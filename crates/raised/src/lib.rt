// The transition records of a sound model with its states raised, appended to a lent buffer.
#![tactic(auto)]

ghost use Rattle.rules.specs.definitions.Model.{transition_bytes};
ghost use Rattle.rules.specs.definitions.Reading.{transition_at, model_at, place_of};
ghost use Rattle.joined.specs.definitions.Joined.{raised_transition};
ghost use Rattle.writer.specs.Appends.{Appends};
ghost use Rattle.raised.specs.Raised.{raised_transitions, CanRaiseTransition, CanRaise};

use sound_model::SoundModel;

// The record of the transition r, with k added to its source and its targets. Hands back the place after it.
fn write_transition(model: SoundModel, r: usize, k: usize, out: &mut [u8], at: usize) -> usize
    requires { CanRaiseTransition model.file.now model.transitions r k out.old at }
    ensures { Appends (transition_bytes (raised_transition k (transition_at model.entry.file.now (place_of model.entry.file.now r)))) at out.old out.new result }
{
    let t = model.fields(r);
    placed_entries::write_record(model.file, t, k + t.source, 1, k, out, at)
}

// All records of the model, the same way.
pub fn write_transitions(model: SoundModel, k: usize, out: &mut [u8], at: usize) -> usize
    requires { CanRaise model.file.now k out.old at }
    ensures { Appends (raised_transitions k (model_at model.entry.file.now).transitions) at out.old out.new result }
{
    let mut next = at;
    for r in 0..model.transitions {
        next = write_transition(model, r, k, out, next);
    }
    next
}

Directions: Nothing but the lines from the first line of the data through the line with "CanRaiseTransition model.file.now model.transitions" should be returned, exactly as they appear, both ends included.

Task response:
filename crates/raised/src/lib.rt
// The transition records of a sound model with its states raised, appended to a lent buffer.
#![tactic(auto)]

ghost use Rattle.rules.specs.definitions.Model.{transition_bytes};
ghost use Rattle.rules.specs.definitions.Reading.{transition_at, model_at, place_of};
ghost use Rattle.joined.specs.definitions.Joined.{raised_transition};
ghost use Rattle.writer.specs.Appends.{Appends};
ghost use Rattle.raised.specs.Raised.{raised_transitions, CanRaiseTransition, CanRaise};

use sound_model::SoundModel;

// The record of the transition r, with k added to its source and its targets. Hands back the place after it.
fn write_transition(model: SoundModel, r: usize, k: usize, out: &mut [u8], at: usize) -> usize
    requires { CanRaiseTransition model.file.now model.transitions r k out.old at }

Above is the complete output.